Movida por impulsos em busca de novidade e liberdade, muitas vezes a agressividade na infância se apresenta como uma reação comum às descobertas na fase pré-escolar. Afinal, é entre os 2 e 3 anos que a criança começa a desenvolver práticas sociais e a agressividade pode ser uma cópia do comportamento do colega, como um processo de experimentação, afirma a psicóloga Laurema Suckow de Castro. E antes de qualquer julgamento, é preciso entender que a agressividade existe e faz parte do ser humano.
Para a pedagoga Dayse Campos, diretora da Interpares Educação Infantil, o papel da escola é combater o estereótipo de que a criança agressiva tem algum problema. Pelo contrário: ela vai obter uma série de aprendizados nessa fase. “Tratar as crianças mais agressivas como ‘alunos-problema’ é um grande erro. O que eles precisam é de assistência com apoio e compreensão até que a fase acabe”, afirma Dayse.
Ela lembra que é importante não associar o comportamento agressivo na escola com uma possível vivência agressiva em casa. Além disso, hoje em dia é muito mais comum que as crianças apresentem esse tipo de comportamento na escola. “Antigamente, as famílias eram maiores, então a agressividade surgia em casa e era resolvida em casa. Agora como a maioria das crianças é filha única, o normal é que essa questão apareça na escola e seja resolvida por lá também”, afirma Dayse.
Como a escola atua
Como o período da infância é bastante adaptável e flexível, é um período ideal para o estimulo ao desenvolvimento de habilidades sociais. Por isso, é importante que a educação infantil trabalhe o impulso da agressividade sem reprimi-lo. As crianças devem vivenciar essa etapa e ter essa energia canalizada por meio de jogos, rodas de conversa, dinâmicas de grupos e atividades em ambientes diversos.

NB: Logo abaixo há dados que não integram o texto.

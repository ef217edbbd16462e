// The numbers of attributes before any pass is planned.
ghost use Rattle.std.specs.Prelude.{◌≡◌, ℕ, ◌≤◌, ◌&&◌, length, take, nat_lt};
ghost use Rattle.bitset.specs.Sets.{has};
ghost use Rattle.grammar.specs.Books.{unnumbered, wanting_at};

use crate::vocabulary::{Attribute, MOST_ATTRIBUTES};
use bitset::Places;

// The number of a given attribute, whose values are there before the first pass: 0 in the callers' bytes.
const BEFORE_PASSES: u8 = 0;

// The number that stands for none: callers have a byte for each attribute, and no Option.
const NONE: u8 = 255;

// Attributes past the most that a grammar may have are not looked at.
#[tactic(auto, using(crate::proofs::FirstNumbers::none_first))]
pub fn unnumbered(attributes: &[Attribute]) -> [u8; MOST_ATTRIBUTES]
    ensures first { result ≡ unnumbered (take 64 attributes.now) }
    ensures whole { length attributes.now ≤ 64 → result ≡ unnumbered attributes.now }
{
    let mut numbers = [NONE; MOST_ATTRIBUTES];
    for (place, attribute) in attributes.iter().enumerate() {
        if place == MOST_ATTRIBUTES {
            break;
        }
        if attribute.kind.is_given() {
            numbers[place] = BEFORE_PASSES;
        }
    }
    numbers
}

// The attributes that want a number, those that are not given, as a set with bit a - 1. Attributes past the
// most that a grammar may have are not looked at.
pub fn wanting(attributes: &[Attribute]) -> Places
    ensures { (p : ℕ) → has result p ≡ (nat_lt p 64 && wanting_at attributes.now p) }
{
    let mut wanted = Places::default();
    for (place, attribute) in attributes.iter().enumerate() {
        if place == MOST_ATTRIBUTES {
            break;
        }
        if !attribute.kind.is_given() {
            wanted = wanted.with(place);
        }
    }
    wanted
}
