// Things that are numbered from 1, in the order of a list.
ghost use Rattle.std.specs.Prelude.{◌≡◌};
ghost use Rattle.std.specs.Option.{option_copied};
ghost use Rattle.grammar.specs.Members.{numbered};

// The one that has the number.
pub(crate) fn numbered<T>(items: &[T], number: u16) -> Option<&T>
    ensures { option_copied result ≡ numbered items.now number }
{
    let place = usize::from(number).checked_sub(1)?;
    items.get(place)
}
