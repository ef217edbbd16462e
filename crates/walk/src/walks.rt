// What is proved of the walks of a tree, each theorem on the contract of a function.
ghost use Rattle.walk.specs.Walks.{InnerNodesHaveInnerSymbols, WalkLength, WalkEntersEachOnce, WalkLeavesEachOnce, BrothersAreVisitedInOrder, WalkNests};
ghost use Rattle.walk.specs.Turns.{WalkHasItsSteps, WalkGoesInTurn};

pub fn inner_nodes_have_inner_symbols()
    ensures { InnerNodesHaveInnerSymbols }
{}

pub fn walk_length()
    ensures { WalkLength }
{}

pub fn walk_enters_each_once()
    ensures { WalkEntersEachOnce }
{}

pub fn walk_leaves_each_once()
    ensures { WalkLeavesEachOnce }
{}

pub fn brothers_are_visited_in_order()
    ensures { BrothersAreVisitedInOrder }
{}

pub fn walk_nests()
    ensures { WalkNests }
{}

pub fn walk_has_its_steps()
    ensures { WalkHasItsSteps }
{}

pub fn walk_goes_in_turn()
    ensures { WalkGoesInTurn }
{}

O desenvolvimento de condutas empáticas e comportamentos sociais na infância também aparecem como fator de prevenção às condutas agressivas. Uma das formas que Dayse encontrou para trabalhar esse tema foi através dos brinquedos. As crianças devem levar brinquedos de casa diariamente para a escola.
O objetivo é trabalhar com elas questões ligadas a cuidar, guardar, dividir, devolver. Muitas pessoas temem que isso gere confusão e disputas entre as crianças – e gera mesmo. Mas, sem essas pequenas confusões, a escola não consegue trabalhar a resolução de conflitos. São vivências complexas, mas também muito importantes para o aprendizado.
Outra coisa importante é se atentar às crianças que não exercem nenhum tipo de agressividade nessa idade. Dessa forma, elas deixam de desenvolver vários aprendizados do processo. “Essas crianças, normalmente, são agredidas e não conseguem reagir. E se ela fica com essa lacuna na formação, ela pode se tornar uma pessoa passiva, que vai permitir agressividade contra ela, inclusive relacionamentos abusivos”, diz Dayse.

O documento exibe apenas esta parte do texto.